空を夢見た兄弟の物語

私の名前はオーヴィル・ライト。そして、私の大切な兄、ウィルバー・ライトの話をしよう。私たちの空への憧れは、まだほんの子供だった頃、父がプレゼントしてくれたおもちゃのヘリコプターから始まったんだ。ゴムの力でプロペラを回して天井まで飛んでいくその小さなおもちゃに、私たちはすっかり心を奪われてしまった。どうすれば人間も鳥のように自由に空を飛べるんだろう。その日から、その疑問が私たちの頭から離れることはなかった。私たちはいつも一緒で、最高のパートナーだった。大人になってからは、二人で自転車の修理と製造の店を始めたんだ。この仕事が、思いがけず私たちの夢に繋がることになった。自転車の仕組みを学ぶ中で、バランス、コントロール、そしていかに軽く頑丈な構造を作るかという、飛行機を飛ばすために不可欠な知識と技術を、私たちは自然と身につけていったんだ。一つの車輪でバランスを取る自転車は、空中でバランスを取らなければならない飛行機にとって、最高の教科書だったのさ。

夢を現実に変えるための道は、決して平坦なものではなかったよ。私たちはただ闇雲に挑戦したわけじゃない。何時間も、何日もかけて、鳥たちがどのように翼を使って風を捉え、バランスを保ち、方向転換するのかをじっくりと観察した。鳥の動き一つ一つに、飛行の秘密が隠されていると信じていたからね。そして、当時存在していた飛行に関するデータが不正確であることに気づいた私たちは、自分たちで真実を突き止めようと決心した。

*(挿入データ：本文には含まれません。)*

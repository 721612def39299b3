//! The inputs of the switch as bytes.
ghost use Rattle.std.specs.Prelude.{ℕ, ◌≡◌, ◌<◌, ◌/◌, ◌++◌, Bool, List, IfOk, OnOk};
ghost use Rattle.std.specs.List.{list_any};
ghost use Rattle.net_model.specs.Switch.{is_local_to, is_out_by};
ghost use Rattle.switch_routes.specs.States.{input_of};
ghost use Rattle.switch_routes.specs.declared.state.InputState.{InputState};
ghost use Rattle.byte_forms.specs.Forms.{byte, word, where_is};
ghost use Rattle.byte_forms.specs.Reading.{Gives};
ghost use Rattle.switch_forms.specs.Inputs.{number_of, tag_of, may_be_at, tag_at, may_hold_chan, may_hold_end, is_operand, OperandFits, is_dest, is_net, input_said, fields_of_input, input, inputs};

use byte_forms::{Fault, Reader, write_byte, write_word};
use state_forms::is_chan_id;
use std::alloc::AllocError;
use switch_routes::InputState;
use xs_base::Text;
use xs_base::numbers::{CHAN_ENDS, HEADER_BYTES, LINK_ENDS};

/// What an input is at, as its first byte tells it.
#[derive(Clone, Copy)]
pub(crate) enum Tag {
    Idle,
    Head1,
    Head2,
    Want,
    Local,
    Out,
    Lost,
}

/// Reads the inputs of the switch of a node whose channel ends in use and whose link ends are these. A fault is at the first field that is
/// wrong.
pub fn read_inputs(
    from: &mut Reader,
    used: &[bool; 32],
    there: &[bool; 8],
    states: &mut [InputState; 40],
) -> Result<(), Fault>
    ensures value { Gives (inputs used.now there.now) (λ _. states.new) from.old result from.new }
{
    for at in 0..states.len() {
        states[at] = read_input(from, used, there, &states[..at])?;
    }
    Ok(())
}

/// Writes the inputs of a switch. The error is want of memory.
pub fn write_inputs(out: &mut Text, states: &[InputState]) -> Result<(), AllocError>
    ensures value { OnOk result ((used there : List Bool) → out.new ≡ out.old ++ (inputs used there).write states.now) }
{
    for state in states {
        write_input(out, *state)?;
    }
    Ok(())
}

// Reads the input after those before it.
#[tactic(auto, unfolding(crate::specs::Inputs::input))]
fn read_input(
    from: &mut Reader,
    used: &[bool; 32],
    there: &[bool; 8],
    before: &[InputState],
) -> Result<InputState, Fault>
    ensures value { Gives (input used.now there.now before.now) (λ i. i) from.old result from.new }
{
    let tag = read_tag(from, before.len())?;
    let operand = read_operand(from, used, there, before, tag)?;
    let dest = read_dest(from, tag)?;
    let net = read_net(from, tag)?;
    Ok(input_said(tag, operand, dest, net))
}

// Writes an input.
#[tactic(auto, unfolding(crate::specs::Inputs::input, crate::specs::Inputs::tag_at))]
fn write_input(out: &mut Text, state: InputState) -> Result<(), AllocError>
    ensures value { OnOk result ((used there : List Bool) (before : List InputState) → out.new ≡ out.old ++ (input used there before).write state) }
{
    let (tag, operand, dest, net) = fields_of(state);
    write_byte(out, number_of(tag))?;
    write_word(out, operand)?;
    write_word(out, dest)?;
    write_byte(out, net)
}

#[tactic(auto, unfolding(crate::specs::Inputs::tag_at))]
fn read_tag(from: &mut Reader, place: usize) -> Result<Tag, Fault>
    ensures value { Gives (tag_at place) (λ t. t) from.old result from.new }
{
    let left = from.left();
    let tag = tag_of(from.read_byte_below(7)?);
    if may_be_at(place, tag) {
        Ok(tag)
    } else {
        Err(Fault::Wrong(left))
    }
}

fn read_operand(
    from: &mut Reader,
    used: &[bool; 32],
    there: &[bool; 8],
    before: &[InputState],
    tag: Tag,
) -> Result<u32, Fault>
    ensures value { Gives (where_is word (is_operand used.now there.now before.now tag)) (λ n. n) from.old result from.new }
    ensures fits { IfOk result (OperandFits tag) }
{
    let left = from.left();
    let operand = from.read_word()?;
    if is_operand(used, there, before, tag, operand) {
        Ok(operand)
    } else {
        Err(Fault::Wrong(left))
    }
}

fn read_dest(from: &mut Reader, tag: Tag) -> Result<u32, Fault>
    ensures value { Gives (where_is word (is_dest tag)) (λ n. n) from.old result from.new }
{
    let left = from.left();
    let dest = from.read_word()?;
    if is_dest(tag, dest) {
        Ok(dest)
    } else {
        Err(Fault::Wrong(left))
    }
}

fn read_net(from: &mut Reader, tag: Tag) -> Result<u8, Fault>
    ensures value { Gives (where_is byte (is_net tag)) (λ n. n) from.old result from.new }
{
    let left = from.left();
    let net = from.read_byte()?;
    if is_net(tag, net) {
        Ok(net)
    } else {
        Err(Fault::Wrong(left))
    }
}

fn number_of(tag: Tag) -> u8
    ensures { result ≡ number_of tag }
{
    match tag {
        Tag::Idle => 0,
        Tag::Head1 => 1,
        Tag::Head2 => 2,
        Tag::Want => 3,
        Tag::Local => 4,
        Tag::Out => 5,
        Tag::Lost => 6,
    }
}

fn tag_of(number: u8) -> Tag
    ensures { result ≡ tag_of number }
{
    match number {
        0 => Tag::Idle,
        1 => Tag::Head1,
        2 => Tag::Head2,
        3 => Tag::Want,
        4 => Tag::Local,
        5 => Tag::Out,
        _ => Tag::Lost,
    }
}

// Only link ends take headers.
fn may_be_at(place: usize, tag: Tag) -> bool
    ensures { result ≡ may_be_at place tag }
{
    match tag {
        Tag::Head1 | Tag::Head2 => place < LINK_ENDS as usize,
        _ => true,
    }
}

fn is_operand(
    used: &[bool; 32],
    there: &[bool; 8],
    before: &[InputState],
    tag: Tag,
    operand: u32,
) -> bool
    ensures { result ≡ is_operand used.now there.now before.now tag operand }
{
    match tag {
        Tag::Head1 => operand < 65536 && operand % 256 == 0,
        Tag::Head2 => operand < 65536,
        Tag::Local => may_hold_chan(used, before, operand),
        Tag::Out => may_hold_end(there, before, operand / 256)
            && operand % 256 <= u32::from(HEADER_BYTES),
        _ => operand == 0,
    }
}

fn may_hold_chan(used: &[bool; 32], before: &[InputState], chan: u32) -> bool
    ensures { result ≡ may_hold_chan used.now before.now chan }
{
    chan < u32::from(CHAN_ENDS) && used[chan as usize] && !is_chan_held(before, chan)
}

fn may_hold_end(there: &[bool; 8], before: &[InputState], end: u32) -> bool
    ensures { result ≡ may_hold_end there.now before.now end }
{
    end < u32::from(LINK_ENDS) && there[end as usize] && !is_end_held(before, end)
}

// Whether one of these inputs holds a channel end.
fn is_chan_held(states: &[InputState], chan: u32) -> bool
    ensures { result ≡ list_any (λ s. is_local_to chan (input_of s)) states.now }
{
    states.iter().any(|state| is_local_to(*state, chan))
}

// Whether one of these inputs holds a link end.
fn is_end_held(states: &[InputState], end: u32) -> bool
    ensures { result ≡ list_any (λ s. is_out_by end (input_of s)) states.now }
{
    states.iter().any(|state| is_out_by(*state, end))
}

fn is_local_to(input: InputState, chan: u32) -> bool
    ensures { result ≡ is_local_to chan (input_of input) }
{
    match input {
        InputState::Local { chan: held } => u32::from(held) == chan,
        _ => false,
    }
}

fn is_out_by(input: InputState, end: u32) -> bool
    ensures { result ≡ is_out_by end (input_of input) }
{
    match input {
        InputState::Out { end: held, .. } => u32::from(held) == end,
        _ => false,
    }
}

fn is_dest(tag: Tag, dest: u32) -> bool
    ensures { result ≡ is_dest tag dest }
{
    match tag {
        Tag::Want | Tag::Out => is_chan_id(dest),
        _ => dest == 0,
    }
}

fn is_net(tag: Tag, net: u8) -> bool
    ensures { result ≡ is_net tag net }
{
    match tag {
        Tag::Want => net < 4,
        _ => net == 0,
    }
}

// The input that these fields say.
fn input_said(tag: Tag, operand: u32, dest: u32, net: u8) -> InputState
    requires fits { OperandFits tag operand }
    ensures { result ≡ input_said tag operand dest net }
{
    match tag {
        Tag::Idle => InputState::Idle,
        Tag::Head1 => InputState::Head1 {
            first: high(operand),
        },
        Tag::Head2 => InputState::Head2 {
            first: high(operand),
            second: (operand % 256) as u8,
        },
        Tag::Want => InputState::Want { dest, net },
        Tag::Local => InputState::Local {
            chan: operand as u8,
        },
        Tag::Out => InputState::Out {
            end: high(operand),
            count: (operand % 256) as u8,
            dest,
        },
        Tag::Lost => InputState::Lost,
    }
}

// The high one of two bytes.
fn high(operand: u32) -> u8
    requires { operand < 65536 }
    ensures { result ≡ operand / 256 }
{
    (operand / 256) as u8
}

// The fields that say an input.
fn fields_of(input: InputState) -> (Tag, u32, u32, u8)
    ensures { (result.0, (result.1, (result.2, result.3))) ≡ fields_of_input input }
{
    match input {
        InputState::Idle => (Tag::Idle, 0, 0, 0),
        InputState::Head1 { first } => (Tag::Head1, u32::from(first) * 256, 0, 0),
        InputState::Head2 { first, second } => (
            Tag::Head2,
            u32::from(first) * 256 + u32::from(second),
            0,
            0,
        ),
        InputState::Want { dest, net } => (Tag::Want, 0, dest, net),
        InputState::Local { chan } => (Tag::Local, u32::from(chan), 0, 0),
        InputState::Out { end, count, dest } => (
            Tag::Out,
            u32::from(end) * 256 + u32::from(count),
            dest,
            0,
        ),
        InputState::Lost => (Tag::Lost, 0, 0, 0),
    }
}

そのために作ったのが、手作りの「風洞」だった。これは、木の箱に扇風機を取り付けただけの単純な装置だったけど、この中で200種類以上もの翼の模型を試し、どの形が最も効率的に揚力(浮かび上がる力)を生み出すかを徹底的に研究したんだ。私たちの最大の発明は「翼のたわみ」という仕組みだった。ある日、ウィルバーが細長い紙箱をねじっているのを見て思いついたアイデアで、翼の端を少しだけねじることで、飛行機の傾きをコントロールできることを発見したんだ。これは、鳥が翼の先端の羽を微妙に調整してバランスを取るのと同じ原理だった。しかし、成功までには数え切れないほどの失敗があった。何度もグライダーは壊れ、実験はうまくいかず、諦めかけたことも一度や二度ではなかった。それでも私たちは、お互いを励まし合い、研究を続けた。そして、実験に最適な場所を求めて、ノースカロライナ州のキティホークという、強く安定した風が吹く砂浜の町へ移り住んだ。そこで私たちは、来る日も来る日も、風と砂にまみれながら、夢の飛行機械の完成を目指したんだ。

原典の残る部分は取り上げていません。